One movement in three parts:  Allegro spiritoso – Andantino grazioso – Tempo primo

Scoring:  Flute, Principal Oboe, Oboe II, Principal Bassoon, Bassoon II, 2 Horns in C, 2 Trumpets in C, Timpani, Fortepiano, Principal Violin, Principal Violoncello, Strings

Composed:  January 10 - March 10, 2017

Commissioned by Billy Traylor, Director, Austin Baroque Orchestra.

The Sinfonia Concertante is a form that had its heyday of popularity in the second half of the 18th Century.  It is essentially a concerto for two or more solo instruments (five in this case) with orchestral accompaniment.  It is considered to have emerged from the concerto grosso of the Baroque period, and is a cross-over form incorporating elements of the concerto and the symphony.  Ordinarily, as with the concerto and symphony of the same period, it is in multiple movements, usually three or more.  However, the present work was conceived as a single-movement work in three contiguous parts, contrasting in key and tempo (similar to an early opera overture) at the request of the commissioner, who also requested that the entire piece be less than 10 minutes long.  As is often the case, all the principal players play ripieno with the orchestra when not performing a solo part, and likewise the fortepiano plays figured continuo when not soloing.  The instrumentation is nearly identical to that of the Sinfonia Concertante in B-flat (1792) by Joseph Haydn (1732-1809), the addition of the concertatofortepiano being the only difference - again at the request of the commissioner - and I studied that work extensively before and during the writing of this piece.  Perhaps the most famous example of this form is the Sinfonia Concertante in E-flat for Violin, Viola, and Orchestra (1779) by W.A. Mozart (1756-1791).

There is a lot going on in this piece.  Not only is the form condensed, but much of the time the texture is such that there is a very active quintet layered on top of an orchestra, as if it were a chamber work and an orchestral work all at once.

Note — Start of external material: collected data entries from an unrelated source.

//! Laws of the plain map: what holds after each event of every legal history.
//!
//! - `turns`: each turn is with the one caller whose place has it, and the purge turn is taken last.
//! - `ends`: from each reached world every caller ends, in fewer events than the definition of a history allows for,
//!   and more of these change nothing.
//! - `every_trace`: areas are disjoint and start where their kind and their call want it, the guard is never mapped,
//!   free pages are clean, pages wait before reuse (`waits`; `waited` says that what is returned did wait), the parts
//!   of a block are disjoint, live objects are mapped in every unit and share no byte, a sum is what was added, what
//!   callers carry between two sections is kept, and the history of a trace is one legal history in which every
//!   caller ends.
#![tactic(auto)]

ghost use Rattle.vm_model.specs.Laws.{ThePurgeTurnIsTakenLast, MoreFuelChangesNothing, AreasAreDisjointAndAligned, TheGuardIsNeverMapped, FreePagesAreClean, PagesWaitBeforeReuse, PartsOfABlockAreDisjoint, ObjectsAreMappedInEveryUnit, SumsAreTheAdds, WhatIsCarriedIsKept, HistoriesAreLegal};
ghost use Rattle.map_laws.specs.TwoTurns.{TheTurnsAreKept};
ghost use Rattle.map_laws.specs.EveryRunEnds.{EveryRunEnds, HistoriesAreShort};
ghost use Rattle.map_laws.specs.WorldSteps.{StepsAreReached};
ghost use Rattle.map_laws.specs.WaitingPages.{FreedPagesHaveWaited};

/// Each of the two turns is with the one caller whose place has it, and the purge turn is taken last.
pub fn turns()
    ensures kept { TheTurnsAreKept }
    ensures purge_last { ThePurgeTurnIsTakenLast }
{}

/// Every run ends: each reached world leads to one in which every caller has ended, in fewer events than a history may
/// have.
pub fn ends()
    ensures every_run_ends { EveryRunEnds }
    ensures short { HistoriesAreShort }
    ensures more_fuel { MoreFuelChangesNothing }
{}

/// In every trace areas are disjoint and start where their kind and their call want it, a guard is never mapped, free pages
/// are clean and a frame is one page's, pages wait before they are used again, the parts of a block are disjoint, a live
/// object is mapped in every unit and shares no byte with another, and a sum is what was added. What callers carry between
/// two sections is kept, the history is one legal history in which every caller ends, and each step leads from a world of
/// legal histories to another.
pub fn every_trace()
    ensures apart { AreasAreDisjointAndAligned }
    ensures guard { TheGuardIsNeverMapped }
    ensures clean { FreePagesAreClean }
    ensures waits { PagesWaitBeforeReuse }
    ensures waited { FreedPagesHaveWaited }
    ensures parts { PartsOfABlockAreDisjoint }
    ensures objects { ObjectsAreMappedInEveryUnit }
    ensures sums { SumsAreTheAdds }
    ensures carried { WhatIsCarriedIsKept }
    ensures legal { HistoriesAreLegal }
    ensures steps { StepsAreReached }
{}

I found the feedback I got from the soloists during rehearsals very interesting indeed.  The oboist complained that I called for E and E-flat above high-C from him, which for a skillful player should be doable even on a period Classical oboe; and in fact he cracked both of them in performance.  The bassoonist was thrilled with her part, saying that what I had written was not only reasonably playable, but very idiomatic for the instrument and a lot of fun to play.  The fortepianist (who played my own Peter Fisk fortepiano for the performance) had nothing to say at all, but I got a sense that perhaps his part wasn’t demanding enough, because he was often tempted to rush the tempo.  The violinist and ‘cellist both got after me for taking them too high without adequate preparation, which I found very strange; being a string player myself, I know for certain that any player worth his salt should be able to jump to a high position and begin playing without having to be led up there through a series of position shifts, even in 18th Century music.  At any rate, I was not persuaded by anything I heard from the players to make even the slightest change to the music, and with a knowing smile I nodded and expressed condolences where necessary, but did nothing to assuage their discomfort where there was any.  It is a concerted work after all, and meant to be challenging – and if Mozart had written it, there wouldn’t have been a peep out of anyone.           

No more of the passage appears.